根據記憶裡的劇情,山姆與勞拉幾個人是在下暴雨的時候走出公寓的,緊接著便是海嘯來襲,幾個人逃跑進了圖書館。
等等,楊諾感覺自己好像一直忽略了什麽?
好像······不對,剛剛進入末世世界的時候,自由電影公司的通知可是說,自己是唯一內測演員,那麽也就是說······
這個穿越進入末世電影世界的情況在未來可能不僅僅是自己,還會有更多的人與自己一樣,穿越進入電影世界,只有完成各種任務才能活著離開這裡。

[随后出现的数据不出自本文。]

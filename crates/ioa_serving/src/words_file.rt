//! Words that a user lists in a file, to make each choice of a run.

ghost use Rattle.std.specs.Prelude.{◌≡◌, ◌-◌, ◌^◌, All, IfOk, IfErr, map, option_map};
ghost use Rattle.ioa_request.specs.Numerals.{numeral_in};
ghost use Rattle.ioa_request.specs.Fields.{after_field, first_field};
ghost use Rattle.ioa_serving.specs.WordLists.{AreWords, IsBadWords, listed, words_in};

use ioa_node::Words;
use ioa_request::{first_field, numeral};
use ioa_value::{OutOfMemory, first_line};
use std::alloc::Global;

/// Words that are listed, and zeros after them.
#[derive(Drop)]
pub struct ListedWords {
    words: Vec<u32>,
    /// How many are taken. At the list's end it stays.
    taken: usize,
}

impl ListedWords {
    /// These words, from the first.
    pub fn new(words: Vec<u32>) -> ListedWords
        ensures words { result.words ≡ words }
        ensures taken { result.taken ≡ 0 }
    {
        ListedWords { words, taken: 0 }
    }
}

impl Words for ListedWords {
    ghost use Rattle.ioa_serving.specs.WordLists.{words_to_come};

    ghost stream = { words_to_come };

    fn next(&mut self) -> u32 {
        if self.taken < self.words.len() {
            let word = self.words[self.taken];
            self.taken += 1;
            word
        } else {
            0
        }
    }
}

/// The words that a text lists for so many workers, a line for each: decimal numbers of 32 bits, parted by single spaces. A line that is
/// empty or missing has none. Where another of their lines is malformed, the answer is the number of the first such line, from 1.
pub fn read_words(
    alloc: Global,
    text: &[u8],
    workers: usize,
) -> Result<Result<Vec<ListedWords>, usize>, OutOfMemory>
    ensures words { IfOk result (λ r. IfOk r (λ sources. AreWords workers text.now (map listed sources.items))) }
    ensures fresh { IfOk result (λ r. IfOk r (λ sources. All (λ s. s.taken ≡ 0) sources.items)) }
    ensures bad { IfOk result (λ r. IfErr r (IsBadWords workers text.now)) }
{
    let mut sources = Vec::new(alloc);
    let mut rest = text;
    while sources.len() < workers {
        let (line, after) = first_line(rest);
        let Some(words) = line_words(alloc, line)? else {
            return Ok(Err(sources.len() + 1));
        };
        sources.push(ListedWords::new(words))?;
        rest = after;
    }
    Ok(Ok(sources))
}

/// The words of a line, if it is none but words.
fn line_words(alloc: Global, line: &[u8]) -> Result<Option<Vec<u32>>, OutOfMemory>
    ensures { IfOk result (λ r. option_map (λ v. v.items) r ≡ words_in line.now) }
{
    let mut words = Vec::new(alloc);
    if line.is_empty() {
        return Ok(Some(words));
    }
    let mut rest = line;
    loop {
        let (field, after) = first_field(rest);
        let Some(word) = word(field) else {
            return Ok(None);
        };
        words.push(word)?;
        let Some(more) = after else {
            return Ok(Some(words));
        };
        rest = more;
    }
}

/// The word that a field spells.
fn word(field: &[u8]) -> Option<u32>
    ensures { result ≡ numeral_in (2 ^ 32 - 1) field.now }
{
    let number = numeral(field, u64::from(u32::MAX))?;
    u32::try_from(number).ok()
}
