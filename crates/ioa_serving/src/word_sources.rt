//! Words for the workers of a run, of either kind that its settings name.

ghost use Rattle.std.specs.Prelude.{IfOk, IfErr};
ghost use Rattle.ioa_serving.specs.Alone.{AreSources, IsWordless};

use crate::failure::Failure;
use crate::seed::seeded;
use crate::store::Store;
use crate::words_file::{ListedWords, read_words};
use ioa_request::WordsFrom;
use ioa_run::Seeded;
use std::alloc::Global;

/// A source of words for each worker of a run.
#[derive(Drop)]
pub enum WordSources {
    Seeded(Vec<Seeded>),
    Listed(Vec<ListedWords>),
}

/// A source of words for each of so many workers.
///
/// # Errors
/// `BadWords` where a line of the file is no list of words; `Io` where the file is not read; or want of memory.
pub fn load_words<F: Store>(
    alloc: Global,
    from: WordsFrom<'_>,
    workers: usize,
    store: &F,
) -> Result<WordSources, Failure>
    ensures words { IfOk result (λ sources. AreSources (F.holds store.now) from.entry workers sources) }
    ensures refused { IfErr result (λ e. IsWordless (F.holds store.now) (F.lacks store.now) from.entry workers e) }
{
    match from {
        WordsFrom::Key(key) => {
            let sources = seeded(alloc, key, workers)?;
            Ok(WordSources::Seeded(sources))
        }
        WordsFrom::File(name) => {
            let text = store.load_whole(alloc, name)?;
            match read_words(alloc, text.as_slice(), workers)? {
                Ok(sources) => Ok(WordSources::Listed(sources)),
                Err(line) => Err(Failure::BadWords(line)),
            }
        }
    }
}
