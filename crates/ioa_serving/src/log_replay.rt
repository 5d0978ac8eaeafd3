//! `replay --log`: whether a log is of the program's run, and its trace.

ghost use Rattle.std.specs.Prelude.{◌⊎◌, IfOk, IfErr, IfSome, IsErrOf};
ghost use Rattle.std.specs.Option.{option_copied};
ghost use Rattle.ioa_system.specs.Outcomes.{ending_of};
ghost use Rattle.ioa_device.specs.Devices.{BothPassUnless, change};
ghost use Rattle.ioa_device.specs.declared.failure.LogErr.{LogErr};
ghost use Rattle.ioa_device.specs.Failing.{HasFailed};
ghost use Rattle.ioa_serving.specs.Failing.{BeginsLogOf, IsLogReplayFailure, IsUnwritten};
ghost use Rattle.ioa_serving.specs.Headline.{IsLogReplay};

use crate::compile::program_of;
use crate::failure::Failure;
use ioa_device::{InputDevice, OutputDevice};
use ioa_replay::replay_log;
use ioa_system::End;
use std::alloc::Global;

/// Replays a log in a composition of a source, or in an object, by the bytes of both: where the log is of the composition's run, writes the
/// external trace and how the log ends, and answers that end. The log is read and judged line by line.
///
/// # Errors
/// As those of a replay of a list; and `List` where the bytes are no log, or a log of another run: of another worker, or of what the
/// composition does not do. The first line at fault is told.
pub fn replay_log_text<R: InputDevice, W: OutputDevice>(
    alloc: Global,
    text: &[u8],
    composition: Option<&str>,
    input: &mut R,
    output: &mut W,
) -> Result<End, Failure>
    ensures replays { IfOk result (λ end. IfSome (R.remaining input.old) (λ bytes.
        IsLogReplay text.now (option_copied composition.entry) bytes (ending_of end) (W.contents output.old) (W.contents output.new))) }
    ensures refused { IfErr result (λ e. IsLogReplayFailure text.now (option_copied composition.entry) (R.remaining input.old)
        (HasFailed (R.failure_count input.old) (R.failure_count input.new) ⊎ HasFailed (W.failure_count output.old) (W.failure_count output.new)) e) }
    ensures unwritten { IfErr result (λ e. IsUnwritten (BeginsLogOf text.now (option_copied composition.entry) (R.remaining input.old))
        (W.contents output.old) (W.contents output.new) e) }
    ensures devices { BothPassUnless (IsErrOf result (Failure.List LogErr.Io)) (change R.remaining R.failure_count input.old input.new) (change W.contents W.failure_count output.old output.new) }
{
    let program = program_of(alloc, text, composition)?;
    let end = replay_log(alloc, &program, input, output)?;
    Ok(end)
}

這不是關鍵,關鍵是,楊諾穿越進入電影世界以前,已經是從原來的地球世界穿越到這裡的平行世界了。
而現在所處的現實世界,是沒有這些電影的。
雖然只是穿越到現在的這個平行世界三年多的時間,幾乎一切都跟地球世界沒有什麽不同。
從父親的離世,到母親對自己的嚴格要求,從世界的歷史進程,到現代的各國狀況,可以說,根據楊諾的理解,幾乎跟穿越前沒有任何不同。
穿越前,楊諾的父親就已經在他七歲的時候離世,母親一個人將自己含辛茹苦的養大,自己剛準備上高二,就穿越到了現在生活的這個平行世界。
原本楊諾還以為穿越有什麽福利,結果發現除了絕大部分的電影和電視劇都消失以外,穿越過來的平行世界沒有任何跟地球世界不同的。
有的時候,就連楊諾自己都懷疑自己是不是真的穿越了。
本來想著長大以後可以靠著自己對地球世界的電影電視劇的了解,在這個平行世界拍一些電影電視劇,或者寫一些劇本啥的。
但是高考成績不好,考上了一個普通三本,志願填報的漢語言專業因為分不夠,還被調劑到了國貿專業。
自己真是一個普通不能再普通的穿越者·······
本以為自己的穿越生涯就這麽會一直混下去,現如今自己進入到了這個末日電影世界,這個《後天》的電影在平行世界可沒有。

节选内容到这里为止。